In these lessons, we will learn

- the SSS, SAS, ASA and AAS rules,
- how to use two-column proofs to prove triangles congruent.

**Related Pages**

Congruent Triangles

More Geometry Lessons

Congruent Triangles | ||
---|---|---|

Rules for Triangle Congruency | SSS Rule | SAS Rule |

ASA Rule | AAS Rule | Two-column Proofs |

Congruent triangles are triangles that have the same size and shape. This means that the corresponding sides are equal and the corresponding angles are equal.

We can tell whether two triangles are congruent without testing all the sides and all the angles of
the two triangles. In this lesson, we will consider the four rules to prove triangle congruence.
They are called the **SSS** rule, **SAS** rule, **ASA** rule and **AAS** rule.

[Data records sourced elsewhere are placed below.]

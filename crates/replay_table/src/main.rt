// Replays recorded calls on the tunnel table, one table from record to record, as compare/README.md lays them out, and writes a line for what each told:
// what an independent reference implementation of 01's rules answers to the same records is beside it, in `stdout` for the fixed sample.
#![tactic(auto)]

mod calls;

use calls::TableCalls;
use replay::Calls;

fn main(rt: HostRuntime) {
    TableCalls::new().run(&rt, "replay_table < RECORDS");
}
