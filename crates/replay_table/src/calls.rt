// The calls on a table of tunnels, 46 to 51, and 76, a datagram in KNX's own form: the table is carried from record to record.
use replay::{Calls, Told};
use tunnel::{Said, Tunnel, Wait};
use tunnel_table::{Called, Held, Table};
use tunnelling::Form;
use wire::Fault;

// The table that the last call left.
#[derive(Drop)]
pub(crate) struct TableCalls {
    table: Table,
}

impl TableCalls {
    pub(crate) fn new() -> TableCalls {
        TableCalls {
            table: Table::empty(),
        }
    }

    // What a call gave. A refusal leaves the table as it was.
    fn called(&mut self, answer: Result<Called, Fault>) -> Told {
        match answer {
            Ok(c) => {
                self.table = c.table;
                self.with_places(replay::few(
                    12,
                    [said_number(c.said), c.view.start, c.view.end, c.written],
                ))
            }
            Err(fault) => self.with_places(replay::refused(fault, 12)),
        }
    }

    // The places after the call stand behind four values.
    fn with_places(&self, told: Told) -> Told {
        let mut t = told;
        t.values[4..12].copy_from_slice(&self.table.places.map(place_number));
        t
    }
}

impl Calls for TableCalls {
    fn answer(&mut self, call: u8, args: &[u8], buf: &mut [u8]) -> Told {
        let id = wire::byte_at(args, 0);
        let table = self.table;
        // A record names its call by a number.
        match call {
            46 => {
                self.table = table_of(args);
                self.with_places(replay::few(12, [0; 4]))
            }
            47 => self.called(table.open(id)),
            48 => self.called(table.close(id)),
            49 => self.called(table.timeout(id)),
            50 => lent(self.called(table.send(id, wire::part(args, 1, args.len()), buf))),
            51 => lent(self.called(datagram(table, args, buf))),
            76 => lent(self.called(table.datagram_in(Form::Standard, args, buf))),
            _ => replay::few(0, [0; 4]),
        }
    }
}

// The buffer is shown too.
fn lent(t: Told) -> Told {
    Told { lends: true, ..t }
}

// By `datagram`, or where the output has an odd length by its two halves, which give the same.
fn datagram(table: Table, args: &[u8], buf: &mut [u8]) -> Result<Called, Fault> {
    if buf.len() % 2 == 0 {
        return table.datagram(args, buf);
    }
    table.heard(tunnel_datagram::hear(args), buf)
}

// Five bytes a place: open, id, r, s, wait; a place whose bytes are cut short is free. No From: the layout is this program's record, not the table's.
fn table_of(args: &[u8]) -> Table {
    let mut table = Table::empty();
    for (place, five) in table.places.iter_mut().zip(args.chunks_exact(5)) {
        *place = place_of(five);
    }
    table
}

fn place_of(five: &[u8]) -> Option<Held> {
    if wire::byte_at(five, 0) == 0 {
        return None;
    }
    Some(Held {
        id: wire::byte_at(five, 1),
        tunnel: Tunnel {
            r: wire::byte_at(five, 2),
            s: wire::byte_at(five, 3),
            w: wait_of(wire::byte_at(five, 4)),
        },
    })
}

// A match of its own, as the two below, and not the port's number: two variants exchanged in both would cancel out.
fn wait_of(n: u8) -> Wait {
    match n {
        0 => Wait::Idle,
        1 => Wait::First,
        _ => Wait::Second,
    }
}

fn wait_number(w: Wait) -> u8 {
    match w {
        Wait::Idle => 0,
        Wait::First => 1,
        Wait::Second => 2,
    }
}

fn said_number(said: Said) -> usize {
    match said {
        Said::Nothing => 0,
        Said::Repeat => 1,
        Said::GiveUp => 2,
        Said::Deliver => 3,
        Said::Duplicate => 4,
        Said::OutOfOrder => 5,
        Said::Sent => 6,
        Said::Ignored => 7,
    }
}

// One number for all that a place holds; 0 for a free one.
fn place_number(place: Option<Held>) -> usize {
    match place {
        Some(held) => {
            let tunnel = held.tunnel;
            let s = usize::from(tunnel.s) + 256 * usize::from(wait_number(tunnel.w));
            1 + usize::from(held.id) + 256 * (usize::from(tunnel.r) + 256 * s)
        }
        None => 0,
    }
}
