// A sample run of a book: the shortest lawful run, of these the lowest; numbers 24 and 25.
#![tactic(auto)]

ghost use Rattle.std.specs.Prelude.{◌≡◌, length, MatchResult};
ghost use Rattle.book.specs.Form.{DONE, form_of, book_of};
ghost use Rattle.rules.specs.Facts.{flat, table_size};
ghost use Rattle.rules.specs.Growth.{Blank};
ghost use Rattle.verdict.specs.Judges.{judgement, Judges};
ghost use Rattle.weights.specs.Weight.{Weights};
ghost use Rattle.written.specs.Written.{written, Hands};
ghost use Rattle.sample.specs.declared.SampleError.TheVariants.{Judged};
ghost use Rattle.sample.specs.Samples.{out, Samples};
ghost use Rattle.sample.specs.Errors.{refused_by};

use book::{Book, DONE};
use laying::write_sample;
use rules::NodeFacts;
use verdict::{Refusal, Verdict};
use weights::{CAP, least_weights, weight_at};
use written::{RUN_LONG, RUN_ROOM, Written, refuse};

// The most nodes of a book.
const NODES: usize = 512;

// What stands against a sample of a book: what stands against the book; that each of its runs has too many events, or no
// room for the sample.
#[derive(Clone, Copy, PartialEq, Eq)]
pub enum SampleError {
    Judged(Refusal),
    RunLong,
    RunRoom,
}

impl From<Refusal> for SampleError {
    ghost from_gives = { λ refusal error. error ≡ Judged refusal };

    fn from(refusal: Refusal) -> SampleError {
        SampleError::Judged(refusal)
    }
}

// Writes the sample of a book that passes, with its least weights at hand: its size, or what stands against it.
fn hand_run(book: &Book, weights: &[u32], run: &mut [u8]) -> Result<u32, SampleError>
    requires judges { Judges book.now (judgement DONE 0 0 0) }
    requires weights { Weights (book_of book.now).node weights.now × (length weights.now ≡ 512) }
    ensures { MatchResult result
        (λ size. Samples book.now (length run.old) (out (written DONE size 0) run.new))
        (λ error. Samples book.now (length run.old) (refused_by error (length run.old))) }
{
    let weight = weight_at(weights, book.start());
    if CAP as usize <= weight {
        return Err(SampleError::RunLong);
    }
    let size = weight / 64;
    if run.len() < size {
        return Err(SampleError::RunRoom);
    }
    run.fill(0);
    write_sample(book, weights, run);
    Ok(size as u32)
}

// Writes the sample of a book, with a table for its facts, blank and long enough where its form is good: its size, or what
// stands against it.
fn sample_by(book: &[u8], table: &mut [NodeFacts], run: &mut [u8]) -> Result<u32, SampleError>
    requires { (form_of book.now).number ≡ DONE → Blank (table_size (book_of book.now).count) (flat table.old) }
    ensures { MatchResult result
        (λ size. Samples book.now (length run.old) (out (written DONE size 0) run.new))
        (λ error. Samples book.now (length run.old) (refused_by error (length run.old))) }
{
    let passed = verdict::judge(book, table)?;
    let mut weights = [CAP; NODES];
    least_weights(&passed, &mut weights);
    hand_run(&passed, &weights, run)
}

// The refusal with the number and place of what stands against a sample, and a clear buffer.
fn refuse_by(error: SampleError, run: &mut [u8]) -> Written
    ensures { Hands (refused_by error (length run.old)) result run.new }
{
    match error {
        SampleError::Judged(refusal) => {
            let verdict = Verdict::from(refusal);
            refuse(verdict.number, u64::from(verdict.place), run)
        }
        SampleError::RunLong => refuse(RUN_LONG, 0, run),
        SampleError::RunRoom => refuse(RUN_ROOM, 0, run),
    }
}

// A sample run of a book, for any bytes and any room: done with the shortest lawful run, of these the lowest, or the
// book's own refusal, 24 or 25, and a clear buffer.
pub fn sample(book: &[u8], run: &mut [u8]) -> Written
    ensures { Samples book.now (length run.old) (out result run.new) }
{
    let mut table = [NodeFacts::NONE; rules::TABLE];
    match sample_by(book, &mut table, run) {
        Ok(size) => Written {
            number: DONE,
            size,
            place: 0,
        },
        Err(error) => refuse_by(error, run),
    }
}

In another lesson, we will consider a proof used for right triangles called the Hypotenuse Leg rule. As long as one of the rules is true, it is sufficient to prove that the two triangles are congruent.

The following diagrams show the Rules for Triangle Congruency: SSS, SAS, ASA, AAS and RHS. Take note that SSA is not sufficient for Triangle Congruency. Scroll down the page for more examples, solutions and proofs.

**Side-Side-Side** is a rule used to prove whether a given set of triangles are congruent.

The **SSS** rule states that:

If **three sides** of one triangle are equal to **three sides** of another triangle, then the triangles
are congruent.

In the diagrams below, if *AB* = *RP*, *BC* = *PQ* and *CA* = *QR*, then triangle *ABC* is congruent to
triangle *RPQ*.

**Side-Angle-Side** is a rule used to prove whether a given set of triangles are congruent.

The **SAS** rule states that:

If **two sides and the included angle** of one triangle are equal to **two sides and included angle** of
another triangle, then the triangles are congruent.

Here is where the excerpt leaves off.